WORK ITEM:
From the first line to the last, print the data exactly as written.

INFORMATION:
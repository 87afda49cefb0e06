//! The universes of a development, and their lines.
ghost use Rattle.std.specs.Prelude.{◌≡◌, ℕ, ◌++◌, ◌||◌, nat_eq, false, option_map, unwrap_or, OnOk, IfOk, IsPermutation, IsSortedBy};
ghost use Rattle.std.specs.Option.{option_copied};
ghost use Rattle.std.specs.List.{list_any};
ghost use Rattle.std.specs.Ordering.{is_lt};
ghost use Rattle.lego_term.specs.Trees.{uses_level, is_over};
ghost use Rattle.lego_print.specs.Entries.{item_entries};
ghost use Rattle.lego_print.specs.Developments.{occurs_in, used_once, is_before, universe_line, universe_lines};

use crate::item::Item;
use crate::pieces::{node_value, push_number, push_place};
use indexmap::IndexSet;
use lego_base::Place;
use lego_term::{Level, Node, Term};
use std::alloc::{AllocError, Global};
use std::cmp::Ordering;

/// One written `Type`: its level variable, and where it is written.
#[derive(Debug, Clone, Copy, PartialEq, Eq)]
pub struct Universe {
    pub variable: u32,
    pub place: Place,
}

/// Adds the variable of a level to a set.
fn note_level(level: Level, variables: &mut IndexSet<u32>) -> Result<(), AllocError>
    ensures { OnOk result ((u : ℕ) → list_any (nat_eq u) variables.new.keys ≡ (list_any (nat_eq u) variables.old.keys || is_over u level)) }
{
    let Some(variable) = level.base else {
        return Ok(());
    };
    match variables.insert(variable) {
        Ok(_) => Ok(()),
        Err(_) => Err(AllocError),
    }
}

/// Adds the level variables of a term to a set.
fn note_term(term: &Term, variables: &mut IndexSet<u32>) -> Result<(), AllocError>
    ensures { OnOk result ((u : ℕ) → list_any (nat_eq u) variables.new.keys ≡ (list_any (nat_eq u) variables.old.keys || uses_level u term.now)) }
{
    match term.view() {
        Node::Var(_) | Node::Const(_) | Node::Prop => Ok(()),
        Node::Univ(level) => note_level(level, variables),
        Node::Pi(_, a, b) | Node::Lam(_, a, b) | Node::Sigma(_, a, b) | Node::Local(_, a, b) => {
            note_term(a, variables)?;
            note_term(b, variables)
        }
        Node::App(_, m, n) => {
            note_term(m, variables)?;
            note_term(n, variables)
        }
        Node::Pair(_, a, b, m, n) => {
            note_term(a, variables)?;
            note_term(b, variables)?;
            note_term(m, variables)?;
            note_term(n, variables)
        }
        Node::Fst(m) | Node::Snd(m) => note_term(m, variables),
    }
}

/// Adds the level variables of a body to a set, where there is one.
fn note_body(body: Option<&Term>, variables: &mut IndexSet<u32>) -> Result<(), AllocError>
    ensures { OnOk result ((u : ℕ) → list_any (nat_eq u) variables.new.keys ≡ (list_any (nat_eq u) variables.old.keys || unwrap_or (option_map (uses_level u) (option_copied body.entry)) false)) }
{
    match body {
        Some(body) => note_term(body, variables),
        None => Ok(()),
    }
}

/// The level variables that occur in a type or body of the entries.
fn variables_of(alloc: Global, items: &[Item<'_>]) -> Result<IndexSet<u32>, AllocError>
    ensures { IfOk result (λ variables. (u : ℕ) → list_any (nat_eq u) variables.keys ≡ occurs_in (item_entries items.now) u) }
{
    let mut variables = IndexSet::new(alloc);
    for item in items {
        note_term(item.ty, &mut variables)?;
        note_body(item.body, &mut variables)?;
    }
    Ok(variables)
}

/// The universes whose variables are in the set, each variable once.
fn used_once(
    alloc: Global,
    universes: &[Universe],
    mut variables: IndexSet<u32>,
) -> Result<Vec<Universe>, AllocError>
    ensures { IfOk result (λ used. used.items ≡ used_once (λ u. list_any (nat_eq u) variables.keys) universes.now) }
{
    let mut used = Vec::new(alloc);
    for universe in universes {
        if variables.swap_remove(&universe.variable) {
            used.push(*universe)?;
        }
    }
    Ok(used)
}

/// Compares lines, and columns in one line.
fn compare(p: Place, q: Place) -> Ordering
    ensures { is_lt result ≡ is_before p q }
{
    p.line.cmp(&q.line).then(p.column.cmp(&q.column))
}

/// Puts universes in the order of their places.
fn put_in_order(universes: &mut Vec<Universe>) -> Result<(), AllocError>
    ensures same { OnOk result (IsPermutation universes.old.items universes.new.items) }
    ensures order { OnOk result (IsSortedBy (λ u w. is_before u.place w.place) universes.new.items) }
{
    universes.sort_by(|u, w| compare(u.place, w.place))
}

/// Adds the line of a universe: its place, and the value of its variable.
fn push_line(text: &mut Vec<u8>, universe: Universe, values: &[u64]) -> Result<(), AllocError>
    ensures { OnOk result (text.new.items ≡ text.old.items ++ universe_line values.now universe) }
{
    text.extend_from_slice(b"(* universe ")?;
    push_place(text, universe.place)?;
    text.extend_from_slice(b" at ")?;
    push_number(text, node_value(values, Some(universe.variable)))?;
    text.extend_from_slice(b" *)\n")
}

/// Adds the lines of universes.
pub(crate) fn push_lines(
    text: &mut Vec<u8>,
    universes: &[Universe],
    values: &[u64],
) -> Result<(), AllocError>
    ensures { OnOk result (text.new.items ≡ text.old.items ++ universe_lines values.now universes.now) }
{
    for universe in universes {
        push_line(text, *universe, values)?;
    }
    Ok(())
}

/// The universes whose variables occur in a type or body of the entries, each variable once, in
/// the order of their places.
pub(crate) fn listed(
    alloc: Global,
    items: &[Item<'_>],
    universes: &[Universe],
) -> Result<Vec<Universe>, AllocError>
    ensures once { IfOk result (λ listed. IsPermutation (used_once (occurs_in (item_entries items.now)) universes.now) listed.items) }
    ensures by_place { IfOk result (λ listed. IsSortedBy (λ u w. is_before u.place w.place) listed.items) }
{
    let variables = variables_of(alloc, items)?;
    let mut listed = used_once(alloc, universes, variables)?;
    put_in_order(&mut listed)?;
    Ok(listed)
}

ANSWER AREA:
repository 87afda49cefb0e06
//! The universes of a development, and their lines.
ghost use Rattle.std.specs.Prelude.{◌≡◌, ℕ, ◌++◌, ◌||◌, nat_eq, false, option_map, unwrap_or, OnOk, IfOk, IsPermutation, IsSortedBy};
ghost use Rattle.std.specs.Option.{option_copied};
ghost use Rattle.std.specs.List.{list_any};
ghost use Rattle.std.specs.Ordering.{is_lt};
ghost use Rattle.lego_term.specs.Trees.{uses_level, is_over};
ghost use Rattle.lego_print.specs.Entries.{item_entries};
ghost use Rattle.lego_print.specs.Developments.{occurs_in, used_once, is_before, universe_line, universe_lines};

use crate::item::Item;
use crate::pieces::{node_value, push_number, push_place};
use indexmap::IndexSet;
use lego_base::Place;
use lego_term::{Level, Node, Term};
use std::alloc::{AllocError, Global};
use std::cmp::Ordering;

/// One written `Type`: its level variable, and where it is written.
#[derive(Debug, Clone, Copy, PartialEq, Eq)]
pub struct Universe {
    pub variable: u32,
    pub place: Place,
}

/// Adds the variable of a level to a set.
fn note_level(level: Level, variables: &mut IndexSet<u32>) -> Result<(), AllocError>
    ensures { OnOk result ((u : ℕ) → list_any (nat_eq u) variables.new.keys ≡ (list_any (nat_eq u) variables.old.keys || is_over u level)) }
{
    let Some(variable) = level.base else {
        return Ok(());
    };
    match variables.insert(variable) {
        Ok(_) => Ok(()),
        Err(_) => Err(AllocError),
    }
}

/// Adds the level variables of a term to a set.
fn note_term(term: &Term, variables: &mut IndexSet<u32>) -> Result<(), AllocError>
    ensures { OnOk result ((u : ℕ) → list_any (nat_eq u) variables.new.keys ≡ (list_any (nat_eq u) variables.old.keys || uses_level u term.now)) }
{
    match term.view() {
        Node::Var(_) | Node::Const(_) | Node::Prop => Ok(()),
        Node::Univ(level) => note_level(level, variables),
        Node::Pi(_, a, b) | Node::Lam(_, a, b) | Node::Sigma(_, a, b) | Node::Local(_, a, b) => {
            note_term(a, variables)?;
            note_term(b, variables)
        }
        Node::App(_, m, n) => {
            note_term(m, variables)?;
            note_term(n, variables)
        }
        Node::Pair(_, a, b, m, n) => {
            note_term(a, variables)?;
            note_term(b, variables)?;
            note_term(m, variables)?;
            note_term(n, variables)
        }
        Node::Fst(m) | Node::Snd(m) => note_term(m, variables),
    }
}

/// Adds the level variables of a body to a set, where there is one.
fn note_body(body: Option<&Term>, variables: &mut IndexSet<u32>) -> Result<(), AllocError>
    ensures { OnOk result ((u : ℕ) → list_any (nat_eq u) variables.new.keys ≡ (list_any (nat_eq u) variables.old.keys || unwrap_or (option_map (uses_level u) (option_copied body.entry)) false)) }
{
    match body {
        Some(body) => note_term(body, variables),
        None => Ok(()),
    }
}

/// The level variables that occur in a type or body of the entries.
fn variables_of(alloc: Global, items: &[Item<'_>]) -> Result<IndexSet<u32>, AllocError>
    ensures { IfOk result (λ variables. (u : ℕ) → list_any (nat_eq u) variables.keys ≡ occurs_in (item_entries items.now) u) }
{
    let mut variables = IndexSet::new(alloc);
    for item in items {
        note_term(item.ty, &mut variables)?;
        note_body(item.body, &mut variables)?;
    }
    Ok(variables)
}

/// The universes whose variables are in the set, each variable once.
fn used_once(
    alloc: Global,
    universes: &[Universe],
    mut variables: IndexSet<u32>,
) -> Result<Vec<Universe>, AllocError>
    ensures { IfOk result (λ used. used.items ≡ used_once (λ u. list_any (nat_eq u) variables.keys) universes.now) }
{
    let mut used = Vec::new(alloc);
    for universe in universes {
        if variables.swap_remove(&universe.variable) {
            used.push(*universe)?;
        }
    }
    Ok(used)
}

/// Compares lines, and columns in one line.
fn compare(p: Place, q: Place) -> Ordering
    ensures { is_lt result ≡ is_before p q }
{
    p.line.cmp(&q.line).then(p.column.cmp(&q.column))
}

/// Puts universes in the order of their places.
fn put_in_order(universes: &mut Vec<Universe>) -> Result<(), AllocError>
    ensures same { OnOk result (IsPermutation universes.old.items universes.new.items) }
    ensures order { OnOk result (IsSortedBy (λ u w. is_before u.place w.place) universes.new.items) }
{
    universes.sort_by(|u, w| compare(u.place, w.place))
}

/// Adds the line of a universe: its place, and the value of its variable.
fn push_line(text: &mut Vec<u8>, universe: Universe, values: &[u64]) -> Result<(), AllocError>
    ensures { OnOk result (text.new.items ≡ text.old.items ++ universe_line values.now universe) }
{
    text.extend_from_slice(b"(* universe ")?;
    push_place(text, universe.place)?;
    text.extend_from_slice(b" at ")?;
    push_number(text, node_value(values, Some(universe.variable)))?;
    text.extend_from_slice(b" *)\n")
}

/// Adds the lines of universes.
pub(crate) fn push_lines(
    text: &mut Vec<u8>,
    universes: &[Universe],
    values: &[u64],
) -> Result<(), AllocError>
    ensures { OnOk result (text.new.items ≡ text.old.items ++ universe_lines values.now universes.now) }
{
    for universe in universes {
        push_line(text, *universe, values)?;
    }
    Ok(())
}

/// The universes whose variables occur in a type or body of the entries, each variable once, in
/// the order of their places.
pub(crate) fn listed(
    alloc: Global,
    items: &[Item<'_>],
    universes: &[Universe],
) -> Result<Vec<Universe>, AllocError>
    ensures once { IfOk result (λ listed. IsPermutation (used_once (occurs_in (item_entries items.now)) universes.now) listed.items) }
    ensures by_place { IfOk result (λ listed. IsSortedBy (λ u w. is_before u.place w.place) listed.items) }
{
    let variables = variables_of(alloc, items)?;
    let mut listed = used_once(alloc, universes, variables)?;
    put_in_order(&mut listed)?;
    Ok(listed)
}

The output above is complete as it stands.